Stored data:
◆ ◆ ◆ ◆ ◆ ◆ ◆

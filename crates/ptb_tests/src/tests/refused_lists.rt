// This file tests what `serve` says of a list that fits no run: by its note, and why.

use crate::tests::explorers::BRANCHES;
use crate::tests::served_listings::kept;
use crate::tests::shared::{
    DEFAULT_MEMORY, FOUR_OF_3, ONE, Row, THREE, TWO, TWO_OF_2, TWO_OF_3, expect_rows, plain_rules,
    table,
};
use ptb_explore::{Form, Marked, Mismatch};
use ptb_options::{Mode, Request};
use ptb_serve::{ListMismatch, Note, serve};
use ptb_text::Device;
use std::alloc::{AllocError, Global};

// The lists of `--under` and `--after`, the note, and why the list that it refuses fits no run.
struct Lists(
    Option<&'static [Marked]>,
    Option<&'static [Marked]>,
    Option<Note>,
    Option<ListMismatch>,
);

const ROWS: &[Lists] = table! { Lists:
    (None, Some(&[ONE]), None, None),
    (Some(&[TWO]), Some(&[TWO, ONE]), None, None),
    (Some(&[THREE]), None, Some(Note::NoBeginning),
     Some(ListMismatch::Under(Mismatch::OutOfRange { item: 1, answer: 3, bound: 2 }))),
    (Some(&[TWO_OF_3]), None, Some(Note::NoBeginning),
     Some(ListMismatch::Under(Mismatch::OtherBound { item: 1, stated: 3, bound: 2 }))),
    (Some(&[ONE, ONE]), Some(&[TWO]), Some(Note::NoBeginning),
     Some(ListMismatch::Under(Mismatch::NoQuestion { items: 1 }))),
    (None, Some(&[TWO_OF_2]), Some(Note::NoRun), Some(ListMismatch::After(Mismatch::Missing { item: 2, bound: 3 }))),
    (None, Some(&[TWO, FOUR_OF_3]), Some(Note::NoRun),
     Some(ListMismatch::After(Mismatch::OutOfRange { item: 2, answer: 4, bound: 3 }))),
    (Some(&[TWO]), Some(&[ONE]), Some(Note::NoRun), Some(ListMismatch::After(Mismatch::NotUnder))),
};

// A listing of all runs with these two lists.
fn request_of(
    alloc: Global,
    under: Option<&[Marked]>,
    after: Option<&[Marked]>,
) -> Result<Request, AllocError> {
    let (under, after) = (kept(alloc, under)?, kept(alloc, after)?);
    Ok(Request {
        rules: plain_rules(10000),
        memory: DEFAULT_MEMORY,
        mode: Mode::All {
            under,
            after,
            first: Some(0),
            form: Form::Two,
        },
    })
}

impl Row<Global> for Lists {
    fn holds(&self, alloc: &Global) -> bool {
        let Lists(under, after, note, mismatch) = *self;
        let Ok(request) = request_of(*alloc, under, after) else {
            return false;
        };
        let (mut program, mut input) = (Device::new(BRANCHES.as_bytes()), Device::new(&b""[..]));
        let mut shown = Vec::new(*alloc);
        let mut out = Device::new(&mut shown);
        let outcome = serve(*alloc, &request, &mut program, &mut input, &mut out);
        outcome.note == note && outcome.mismatch == mismatch
    }
}

#[test]
fn refused_lists(rt: HostRuntime) {
    expect_rows(&rt, "lists", &rt.alloc(), ROWS);
}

◆ ◆ ◆ ◆ ◆ ◆ ◆

Assignment:
Exact copies of all the records are required.

Solved exercise:
filename crates/ptb_tests/src/tests/refused_lists.rt
// This file tests what `serve` says of a list that fits no run: by its note, and why.

use crate::tests::explorers::BRANCHES;
use crate::tests::served_listings::kept;
use crate::tests::shared::{
    DEFAULT_MEMORY, FOUR_OF_3, ONE, Row, THREE, TWO, TWO_OF_2, TWO_OF_3, expect_rows, plain_rules,
    table,
};
use ptb_explore::{Form, Marked, Mismatch};
use ptb_options::{Mode, Request};
use ptb_serve::{ListMismatch, Note, serve};
use ptb_text::Device;
use std::alloc::{AllocError, Global};

// The lists of `--under` and `--after`, the note, and why the list that it refuses fits no run.
struct Lists(
    Option<&'static [Marked]>,
    Option<&'static [Marked]>,
    Option<Note>,
    Option<ListMismatch>,
);

const ROWS: &[Lists] = table! { Lists:
    (None, Some(&[ONE]), None, None),
    (Some(&[TWO]), Some(&[TWO, ONE]), None, None),
    (Some(&[THREE]), None, Some(Note::NoBeginning),
     Some(ListMismatch::Under(Mismatch::OutOfRange { item: 1, answer: 3, bound: 2 }))),
    (Some(&[TWO_OF_3]), None, Some(Note::NoBeginning),
     Some(ListMismatch::Under(Mismatch::OtherBound { item: 1, stated: 3, bound: 2 }))),
    (Some(&[ONE, ONE]), Some(&[TWO]), Some(Note::NoBeginning),
     Some(ListMismatch::Under(Mismatch::NoQuestion { items: 1 }))),
    (None, Some(&[TWO_OF_2]), Some(Note::NoRun), Some(ListMismatch::After(Mismatch::Missing { item: 2, bound: 3 }))),
    (None, Some(&[TWO, FOUR_OF_3]), Some(Note::NoRun),
     Some(ListMismatch::After(Mismatch::OutOfRange { item: 2, answer: 4, bound: 3 }))),
    (Some(&[TWO]), Some(&[ONE]), Some(Note::NoRun), Some(ListMismatch::After(Mismatch::NotUnder))),
};

// A listing of all runs with these two lists.
fn request_of(
    alloc: Global,
    under: Option<&[Marked]>,
    after: Option<&[Marked]>,
) -> Result<Request, AllocError> {
    let (under, after) = (kept(alloc, under)?, kept(alloc, after)?);
    Ok(Request {
        rules: plain_rules(10000),
        memory: DEFAULT_MEMORY,
        mode: Mode::All {
            under,
            after,
            first: Some(0),
            form: Form::Two,
        },
    })
}

impl Row<Global> for Lists {
    fn holds(&self, alloc: &Global) -> bool {
        let Lists(under, after, note, mismatch) = *self;
        let Ok(request) = request_of(*alloc, under, after) else {
            return false;
        };
        let (mut program, mut input) = (Device::new(BRANCHES.as_bytes()), Device::new(&b""[..]));
        let mut shown = Vec::new(*alloc);
        let mut out = Device::new(&mut shown);
        let outcome = serve(*alloc, &request, &mut program, &mut input, &mut out);
        outcome.note == note && outcome.mismatch == mismatch
    }
}

#[test]
fn refused_lists(rt: HostRuntime) {
    expect_rows(&rt, "lists", &rt.alloc(), ROWS);
}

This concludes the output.